Make this a family affair. Bring everyone together around the kitchen table, including the child with special needs, if he is able to participate. Let the conversation flow freely and just start taking notes; you can fine-tune later. Siblings have a different perspective from parents and are often able to think of important details that mom and dad would overlook.

Once you have your “short document” composed, share it with anyone who’s likely to need it in the future and keep a copy alongside your other important papers. Review and update it annually.

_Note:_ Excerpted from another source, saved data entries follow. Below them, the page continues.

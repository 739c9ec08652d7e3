// Terms and formulas, where they are known to be there: each call reads one, and says where it ends.
ghost use Rattle.std.specs.Prelude.{false, true, ◌&&◌, ◌||◌, ◌≡◌, ◌<◌, ◌∷◌, IfOk, map, not, option_map};
ghost use Rattle.parser.specs.parse_terms.Common.{same, is_prefix, arm_of, terms_of, tree_of, tree_part_of, trees, ends_open};
ghost use Rattle.grammar.specs.declared.symbols.Symbol.TheVariants as rule;
ghost use Rattle.tokens_why.specs.declared.terminal.Terminal.TheVariants as t;
ghost use Rattle.surface.specs.Surface.{trigger as trigger_of};
ghost use Rattle.parser.specs.parse_terms.Reading.{CanRead, CanRun, Climb, IsReadClosed, IsExpr, IsRead, is_name_at, takes_infix, terminal_at};
ghost use Rattle.parser.specs.parse_terms.Sources.{lexemes};
ghost use Rattle.parser.specs.parse_terms.Fields.{IsReadPlain};
ghost use Rattle.parser.specs.parse_terms.Records.{IsReadTreeField};
ghost use Rattle.parser.specs.parse_terms.Terms.{IsBranch, IsReadTrigger};

use crate::parse_terms::fields::{at_field, with_fields};
use crate::parse_terms::names::{head_name, lower_name};
use crate::parse_terms::operators::{
    at_name, at_operator, at_prefix, at_quantifier, at_separator, integer_tree, operator, past_bar,
    past_semicolon,
};
use crate::parse_terms::parts::{alternative, binder};
use crate::parse_terms::patterns::pattern;
use crate::parse_terms::source::Source;
use crate::parse_terms::tokens::{at_atom, at_next_field, is_at, place, terminal};
use crate::parse_terms::types::type_tree;
use grammar::{prec_of, right_of};
use outside::{Boxed, Seq};
use std::alloc::{AllocError, Global};
use surface::{At, BinderTree, BranchTree, Expr, ExprNode, FieldValue, Pat, TriggerTree};
use tokens_why::Terminal;

/// A term or formula, whether it ends in an open form, and the token after it.
#[derive(Drop)]
pub struct ReadExpression {
    pub tree: Expr,
    pub is_open: bool,
    pub end: usize,
}

/// A tree after which operators may follow, and how tightly it binds.
#[derive(Drop)]
struct ReadOperand {
    tree: Expr,
    tight: u8,
    is_open: bool,
    end: usize,
}

fn goes_on(source: Source, is_open: bool, m: u8, tight: u8, i: usize) -> bool
    ensures { result ≡ (not is_open
        && takes_infix m tight (terminal_at (lexemes source.entry) i)) }
{
    !is_open && at_operator(source, m, tight, i)
}

/// A term or formula of a level. Only want of memory refuses.
#[cycle(descent)]
pub fn expression(
    alloc: Global,
    source: Source,
    m: u8,
    i: usize,
) -> Result<ReadExpression, AllocError>
    requires { CanRead (lexemes source) (rule.Expr m) i }
    ensures read { IfOk result (λ r. IsExpr (lexemes source.entry) m i (tree_of r.tree) r.end) }
    ensures is_open { IfOk result (λ r. r.is_open ≡ ends_open (tree_of r.tree)) }
{
    let mut left = operand(alloc, source, m, i)?;
    'operators: while goes_on(source, left.is_open, m, left.tight, left.end) {
        left = operation(alloc, source, m, i, left)?;
    }
    Ok(ReadExpression {
        tree: left.tree,
        is_open: left.is_open,
        end: left.end,
    })
}

/// A term or formula of any level, and the token after it.
#[cycle(descent)]
fn any_expression(alloc: Global, source: Source, i: usize) -> Result<(Expr, usize), AllocError>
    requires { CanRead (lexemes source) (rule.Expr 0) i }
    ensures { IfOk result (λ r. IsExpr (lexemes source.entry) 0 i (tree_of r.0) r.1) }
{
    let read = expression(alloc, source, 0, i)?;
    Ok((read.tree, read.end))
}

/// The same in a box, which is dropped by one call where a later part finds no memory: the proof of a function grows with
/// the trees that it drops itself.
#[cycle(descent)]
fn boxed_expression(
    alloc: Global,
    source: Source,
    i: usize,
) -> Result<(Boxed<Expr>, usize), AllocError>
    requires { CanRead (lexemes source) (rule.Expr 0) i }
    ensures { IfOk result (λ r. IsExpr (lexemes source.entry) 0 i (tree_of r.0) r.1) }
{
    let (tree, end) = any_expression(alloc, source, i)?;
    let held = Boxed::new(alloc, tree)?;
    Ok((held, end))
}

/// What stands to the left of an operator, with the operator and its right operand.
#[cycle(descent)]
fn operation(
    alloc: Global,
    source: Source,
    m: u8,
    i: usize,
    left: ReadOperand,
) -> Result<ReadOperand, AllocError>
    requires climb { Climb (lexemes source) m i (tree_of left.tree) left.tight left.end }
    requires goes_on { (not (ends_open (tree_of left.tree))
        && takes_infix m left.tight (terminal_at (lexemes source) left.end)) ≡ true }
    ensures climb { IfOk result
        (λ r. Climb (lexemes source.entry) m i (tree_of r.tree) r.tight r.end) }
    ensures is_open { IfOk result (λ r. r.is_open ≡ ends_open (tree_of r.tree)) }
    ensures ahead { IfOk result (λ r. left.end < r.end) }
{
    let ReadOperand {
        tree: left_tree,
        tight: _,
        is_open: _,
        end,
    } = left;
    let sign = terminal(source, end);
    let first = Boxed::new(alloc, left_tree)?;
    let name = operator(alloc, source, end)?;
    let right = expression(alloc, source, right_of(sign), end + 1)?;
    let second = Boxed::new(alloc, right.tree)?;
    let here = At {
        first: i,
        main: end,
    };
    let tree = Expr::new(here, ExprNode::Binary(first, name, second));
    Ok(ReadOperand {
        tree,
        tight: prec_of(sign),
        is_open: right.is_open,
        end: right.end,
    })
}

/// What is before the first operator of a level.
#[cycle(descent)]
fn operand(alloc: Global, source: Source, m: u8, i: usize) -> Result<ReadOperand, AllocError>
    requires { CanRead (lexemes source) (rule.Expr m) i }
    ensures climb { IfOk result
        (λ r. Climb (lexemes source.entry) m i (tree_of r.tree) r.tight r.end) }
    ensures is_open { IfOk result (λ r. r.is_open ≡ ends_open (tree_of r.tree)) }
{
    let is_negation = is_at(source, i, Terminal::NotWord);
    if is_negation {
        return negation(alloc, source, m, i);
    }
    if at_prefix(source, i) {
        return prefix(alloc, source, m, i);
    }
    let is_choice = is_at(source, i, Terminal::IfWord);
    if is_choice {
        return choice(alloc, source, m, i);
    }
    let is_binding = is_at(source, i, Terminal::LetWord);
    if is_binding {
        return let_in(alloc, source, m, i);
    }
    if at_quantifier(source, i) {
        return quantification(alloc, source, m, i);
    }
    let (tree, end) = primary(alloc, source, i)?;
    Ok(ReadOperand {
        tree,
        tight: 9,
        is_open: false,
        end,
    })
}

Over time, you can build on this foundation, and you may find it useful to cross-reference the bulleted list with specific pages in the full LOI that you’ll eventually create. A more complete LOI should capture your child’s history, preferences, the texture of daily life, and your aspirations for her future. Here’s a partial list of additional information to include:

  • Contact information for family members and friends
  • Complete medical history, including medical history of immediate family members
  • Description of current living situation and, if that will change when you are no longer the primary caregiver, your preference for alternative arrangements
  • Financial documents
  • Public benefits they are receiving—Medicaid, Medicare, SSI, SSDI. Include Social Security numbers for the child and both parents. Share tips for dealing with government bureaucracies.
  • Local agencies through which they receive services
  • Legal documents, such as advance directives
  • Educational history
  • Employment history
  • Food allergies, likes, and dislikes
  • Assistance required with personal care
  • Clothing sizes
  • Personality traits
  • Lessons learned and situations to avoid
  • Favorite things, and what the child finds upsetting
  • Social activities
  • Pets
  • Hopes for the future
  • How to discuss a parent’s death or incapacity

There are many sample LOIs available on the Internet, but I suggest that you use them with care. Each child is unique, and you’ll almost certainly find that these templates fail to address matters of importance to your child or contain sections that are inapplicable. Just cross out the irrelevant portions and, recognizing that this is your document, make any necessary additions.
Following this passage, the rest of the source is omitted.